What is being asked
Filter these entries, keeping only lines that hold the word "Value".

──────────────────────────────

ghost use Rattle.std.specs.Prelude.{◌≡◌};
ghost use Rattle.error_types.specs.inner.Needs.{Gives, Names, of_one};
ghost use Rattle.error_types.specs.Walk.{needs_of};

use aadl_syntax::{Ref, Term, TypeKind};
use std::marker::Model;

/// A name that an item states, and whether it must be that of a type. Contracts see the name.
#[derive(Drop)]
pub(crate) struct Need<'a> {
    of_type: bool,
    reference: &'a Ref,
}

impl<'a> Model for Need<'a> {
    ghost use Rattle.error_types.specs.Walk.{Need as Name};

    ghost Value = { Name };

    ghost view = { λ n. record { of_type = n.of_type; reference = n.reference.now } };
}

impl<'a> Need<'a> {
    /// Whether it must be the name of a type.
    pub(crate) fn of_type(&self) -> bool
        ensures { result ≡ self.now.of_type }
    {
        self.of_type
    }

    /// The name.
    pub(crate) fn reference(&self) -> &'a Ref
        ensures { result.now ≡ self.now.reference }
    {
        self.reference
    }
}

/// The names that an item states, in order: one, and then those of terms. Contracts see the list of them.
#[derive(Drop)]
pub(crate) struct Needs<'a> {
    one: Option<&'a Ref>,
    of_type: bool,
    terms: &'a [Term],
}

impl<'a> Model for Needs<'a> {
    ghost use Rattle.std.specs.Prelude.{List, ◌++◌, flat_map};
    ghost use Rattle.error_types.specs.inner.Needs.{of_one};
    ghost use Rattle.error_types.specs.Walk.{Need as Name, need_of_term};

    ghost Value = { List Name };

    ghost view = { λ n. of_one n.of_type n.one ++ flat_map need_of_term n.terms.now };
}

/// What comes next of the names of an item.
#[derive(Drop)]
pub(crate) enum NextName<'a> {
    Name(Need<'a>),
    /// What is passed states no name.
    Passed,
    End,
}

impl<'a> Needs<'a> {
    /// The names of an item of a kind; those of the types that types extend may be left out.
    pub(crate) fn of(through: bool, kind: &'a TypeKind) -> Needs<'a>
        ensures { result ≡ needs_of through kind.now }
    {
        match kind {
            TypeKind::Plain(Some(base)) if through => Needs::one(true, Some(base)),
            TypeKind::Plain(_) => Needs::one(true, None),
            TypeKind::Alias(target) => Needs::one(true, Some(target)),
            TypeKind::Set(set) => Needs {
                one: None,
                of_type: false,
                terms: set.terms.items(),
            },
            TypeKind::SetAlias(target) => Needs::one(false, Some(target)),
        }
    }

    /// None or one name.
    pub(crate) fn one(of_type: bool, one: Option<&'a Ref>) -> Needs<'a>
        ensures { result ≡ of_one of_type one.entry }
    {
        Needs {
            one,
            of_type,
            terms: &[],
        }
    }

    /// Takes the next name.
    pub(crate) fn next(&mut self) -> NextName<'a>
        ensures { Gives self.old result self.new }
    {
        if let Some(reference) = self.one {
            self.one = None;
            return NextName::Name(Need {
                of_type: self.of_type,
                reference,
            });
        }
        match self.terms.split_first() {
            Some((term, rest)) => {
                self.terms = rest;
                name_of(term)
            }
            None => NextName::End,
        }
    }
}

/// The name of a term.
fn name_of(term: &Term) -> NextName<'_>
    ensures { Names term.now result }
{
    match term {
        Term::One(reference) => NextName::Name(Need {
            of_type: false,
            reference,
        }),
        _ => NextName::Passed,
    }
}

──────────────────────────────

Written response
    ghost Value = { Name };
    ghost Value = { List Name };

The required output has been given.